Building that kind of system will require co-ordination of government programs, as well as the skilled clinicians delivering services. One example of a grassroots innovation is the Ontario-based program Psychotherapy Matters, which has psychiatrists, patients and psychotherapists attend virtual appointments together. The program is still small-scale – with seven psychiatrists and 215 therapists – and receives no government funding beyond what the psychiatrists bill the province for consultations. It is also complicated because to pay for therapy, clients use workplace plans – which typically have caps on coverage – or have to cover it themselves.

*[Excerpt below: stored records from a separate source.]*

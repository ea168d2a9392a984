use Call::{AddChild, Capacity, Delete, Push, RemoveChild};
use std::alloc::Global;
use std::process::Abort;
use table_records::RecordTable;
use task_table::{Kind, ResourceTable, ResourceTableError, TableId};

#[derive(Clone, Copy)]
enum Entry {
    Number(u64),
    Flag(bool),
}

// The kind of the entries that are numbers.
#[derive(Drop)]
struct Number;

impl Kind<Entry> for Number {
    ghost use Rattle.std.specs.Prelude.{Some, None, refl};
    ghost use Rattle.tests_structures.specs.declared.table.Entry.TheVariants.{Number, Flag};

    type Item = u64;

    ghost entry_of = { Number };

    ghost item_of = { elim [ Number n ↦ Some n | Flag b ↦ None ] };

    fn wrap(item: u64) -> Entry {
        Entry::Number(item)
    }

    fn view(entry: &Entry) -> Option<&u64> {
        match entry {
            Entry::Number(number) => Some(number),
            Entry::Flag(_) => None,
        }
    }

    fn view_mut(entry: &mut Entry) -> Option<&mut u64> {
        match entry {
            Entry::Number(number) => Some(number),
            Entry::Flag(_) => None,
        }
    }

    fn unwrap(entry: Entry) -> Result<u64, Entry> {
        match entry {
            Entry::Number(number) => Ok(number),
            Entry::Flag(flag) => Err(Entry::Flag(flag)),
        }
    }

    ghost wrapped = { λ _. refl };

    ghost no_other = { elim [ Number n ↦ λ item found. Prim.cc | Flag b ↦ λ item found. Prim.cc ] };
}

// A call on a table. A number names the id that the push of this number, counted from 0, gave.
#[derive(Clone, Copy)]
enum Call {
    Push,
    Delete(usize),
    Capacity(u32),
    AddChild(usize, usize),
    RemoveChild(usize, usize),
}

// What refusals are written as, beside places.
const FULL: u32 = 1_001;

const ABSENT: u32 = 1_002;

const CHILDREN: u32 = 1_003;

fn refused(why: ResourceTableError) -> u32 {
    match why {
        ResourceTableError::Full => FULL,
        ResourceTableError::NotPresent => ABSENT,
        ResourceTableError::HasChildren => CHILDREN,
        ResourceTableError::NoMemory | ResourceTableError::WrongType => u32::MAX,
    }
}

fn done<T: Drop>(answer: Result<T, ResourceTableError>) -> u32 {
    match answer {
        Ok(_) => 0,
        Err(why) => refused(why),
    }
}

// The id that this push gave, or one that names nothing.
fn id_at(ids: &Vec<TableId<Number>>, push: usize) -> TableId<Number> {
    match ids.get(push) {
        Some(id) => *id,
        None => TableId::new(u32::MAX, u64::MAX),
    }
}

// The place that a push gave, 0 for another call that was not refused, or the refusal.
fn answer_of(
    rt: &impl Abort,
    table: &mut ResourceTable<Entry>,
    ids: &mut Vec<TableId<Number>>,
    call: Call,
) -> u32 {
    match call {
        Call::Push => push_answer(rt, table, ids),
        Call::Delete(n) => done(table.delete(id_at(ids, n))),
        Call::Capacity(n) => {
            table.set_max_capacity(n as usize);
            0
        }
        Call::AddChild(child, parent) => add_answer(
            rt,
            table,
            id_at(ids, child),
            id_at(ids, parent),
        ),
        Call::RemoveChild(child, parent) => done(table.remove_child(
            id_at(ids, child),
            id_at(ids, parent),
        )),
    }
}

fn push_answer(
    rt: &impl Abort,
    table: &mut ResourceTable<Entry>,
    ids: &mut Vec<TableId<Number>>,
) -> u32 {
    match table.push::<Number>(7) {
        Ok(id) => {
            assert!(rt; ids.push(id).is_ok());
            id.rep()
        }
        Err(back) => refused(back.why),
    }
}

fn add_answer(
    rt: &impl Abort,
    table: &mut ResourceTable<Entry>,
    child: TableId<Number>,
    parent: TableId<Number>,
) -> u32 {
    assert!(rt; !table.has_parent(child));
    done(table.add_child(child, parent))
}

// Makes the calls on a new table, and compares the answers.
fn answers(rt: &impl Abort, alloc: Global, capacity: u32, calls: &[(Call, u32)]) {
    let mut table = ResourceTable::new(alloc);
    table.set_max_capacity(capacity as usize);
    let mut ids = Vec::new(alloc);
    for (call, want) in calls {
        let answer = answer_of(rt, &mut table, &mut ids, *call);
        assert!(rt; answer == *want);
    }
}

#[test]
fn the_place_freed_last_is_the_next_one_given(rt: HostRuntime) {
    let calls = [
        (Push, 0),
        (Push, 1),
        (Delete(0), 0),
        (Push, 0),
        (Delete(2), 0),
        (Delete(1), 0),
        (Push, 1),
        (Push, 0),
        (Push, 2),
        (Delete(0), ABSENT),
    ];
    answers(&rt, rt.alloc(), 10, &calls);
}

#[test]
fn a_table_takes_as_many_entries_as_its_capacity(rt: HostRuntime) {
    answers(&rt, rt.alloc(), 0, &[(Push, FULL)]);
    let calls = [
        (Push, 0),
        (Push, FULL),
        (Capacity(0), 0),
        (Push, FULL),
        (Delete(0), 0),
        (Push, 0),
        (Push, FULL),
    ];
    answers(&rt, rt.alloc(), 1, &calls);
    let calls = [
        (Push, 0),
        (Push, 1),
        (Push, 2),
        (Push, 3),
        (Push, 4),
        (Push, 5),
        (Push, 6),
        (Push, 7),
        (Push, 8),
        (Push, 9),
        (Push, FULL),
    ];
    answers(&rt, rt.alloc(), 10, &calls);
}

#[test]
fn a_parent_is_deleted_after_its_children(rt: HostRuntime) {
    let calls = [
        (Push, 0),
        (Push, 1),
        (AddChild(1, 0), 0),
        (Delete(0), CHILDREN),
        (RemoveChild(0, 1), ABSENT),
        (RemoveChild(1, 0), 0),
        (RemoveChild(1, 0), ABSENT),
        (Delete(0), 0),
        (AddChild(1, 0), ABSENT),
    ];
    answers(&rt, rt.alloc(), 10, &calls);
}

// Pushes the number to the place of that number, and writes its half over it.
fn pushed(rt: &impl Abort, table: &mut ResourceTable<Entry>, number: u32) {
    let Ok(id) = table.push::<Number>(number as u64) else {
        panic!(rt; "no memory")
    };
    assert!(rt; id.rep() == number);
    assert!(rt; id.serial() == number as u64);
    if let Ok(item) = table.get_mut(id) {
        *item = number as u64 / 2;
    }
    assert!(rt; read(table, id) == number as u64 / 2);
}

fn read(table: &ResourceTable<Entry>, id: TableId<Number>) -> u64 {
    match table.get(id) {
        Ok(item) => *item,
        Err(_) => u64::MAX,
    }
}

// The number of an entry.
fn number_of(entry: &Entry) -> u64 {
    match entry {
        Entry::Number(number) => *number,
        Entry::Flag(_) => u64::MAX,
    }
}

// How many entries are gone through: each has half its place as its number.
fn gone_through(rt: &impl Abort, table: &ResourceTable<Entry>) -> u32 {
    let mut seen = 0;
    for (rep, entry) in table.iter() {
        assert!(rt; rep == seen);
        assert!(rt; number_of(entry) == seen as u64 / 2);
        seen = rep.wrapping_add(1);
    }
    seen
}

#[test]
fn entries_are_counted_read_and_written(rt: HostRuntime) {
    let mut table: ResourceTable<Entry> = ResourceTable::new(rt.alloc());
    assert!(rt; table.is_empty() && table.max_capacity() == 1_000_000);
    pushed(&rt, &mut table, 0);
    pushed(&rt, &mut table, 1);
    pushed(&rt, &mut table, 2);
    assert!(rt; table.len() == 3 && table.free() == 999_997);
    assert!(rt; gone_through(&rt, &table) == 3);
}

#[test]
fn records_are_read_written_and_deleted(rt: HostRuntime) {
    let mut table: RecordTable<Entry> = RecordTable::new(rt.alloc());
    let (Ok(first), Ok(second)) = (table.push::<Number>(7), table.push::<Number>(8)) else {
        panic!(rt; "no memory")
    };
    assert!(rt; first.rep() == 0 && second.rep() == 1 && second.serial() == 1);
    if let Ok(item) = table.get_mut(first) {
        *item = 9;
    }
    let (Ok(9), Some(8)) = (table.get(first), table.item_at::<Number>(1)) else {
        panic!(rt; "not read as written")
    };
    assert!(rt; *table.there::<Number>(1) == 8);
    let (Ok(9), Err(ResourceTableError::NotPresent)) = (table.delete(first), table.get(first))
    else {
        panic!(rt; "not deleted")
    };
    let (None, Some(1), Some(0)) = (table.serial_at(0), table.serial_at(1), table.next_place())
    else {
        panic!(rt; "not at its place")
    };
    let mut seen = 0;
    for (rep, entry) in table.iter() {
        assert!(rt; rep == 1 && number_of(entry) == 8);
        seen = rep;
    }
    assert!(rt; seen == 1 && table.len() == 1);
    let Ok(third) = table.push::<Number>(5) else {
        panic!(rt; "no memory")
    };
    assert!(rt; third.rep() == 0 && third.serial() == 2);
    assert!(rt; matches!(table.get(first), Err(ResourceTableError::NotPresent)));
    assert!(rt; matches!(table.get(third), Ok(5)));
}

#[test]
fn known_records_are_read_written_and_taken(rt: HostRuntime) {
    let mut table: RecordTable<Entry> = RecordTable::new(rt.alloc());
    let (Ok(first), Ok(second)) = (table.push::<Number>(7), table.push::<Number>(8)) else {
        panic!(rt; "no memory")
    };
    let Ok(8) = table.get(second) else {
        panic!(rt; "not there")
    };
    assert!(rt; *table.known(second) == 8);
    *table.get_mut_unchecked(second) = 6;
    let (Ok(7), Ok(6), Some(1)) = (table.get(first), table.get(second), table.serial_at(1)) else {
        panic!(rt; "not written")
    };
    assert!(rt; table.serial_unchecked(1) == 1);
    table.take(first);
    let (Err(ResourceTableError::NotPresent), Some(0)) = (table.get(first), table.next_place())
    else {
        panic!(rt; "not taken")
    };
    assert!(rt; table.len() == 1);
}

But Victory Nguyen, a psychiatrist with the program, says it allows her to consult with more patients in rural areas knowing a trained therapist is overseeing the treatment plan. It also helps build up therapists’ expertise by enabling them to see more patients with more complex needs.
Holly Mathers, a registered psychotherapist in Kitchener, Ont., who also collaborates on care for her clients through Psychotherapy Matters, says not only does the program enable her clients to see a psychiatrist more quickly – usually within weeks or months – but the care team working together means they can respond faster when treatment needs to be adjusted. “This is what the future should be,” she said.
The pandemic may have applied the pressure, but this election has seen “an explicit recognition of the importance of investing in mental-health care,” said Karen Cohen, chief executive officer of the Canadian Psychological Association.
Ideally, in the near future that would mean building on successful programs, stable funding for community-based services, expanded coverage of therapy and equal access to the best care based on need. As always, Dr. Cohen said, “The devil is in the details.”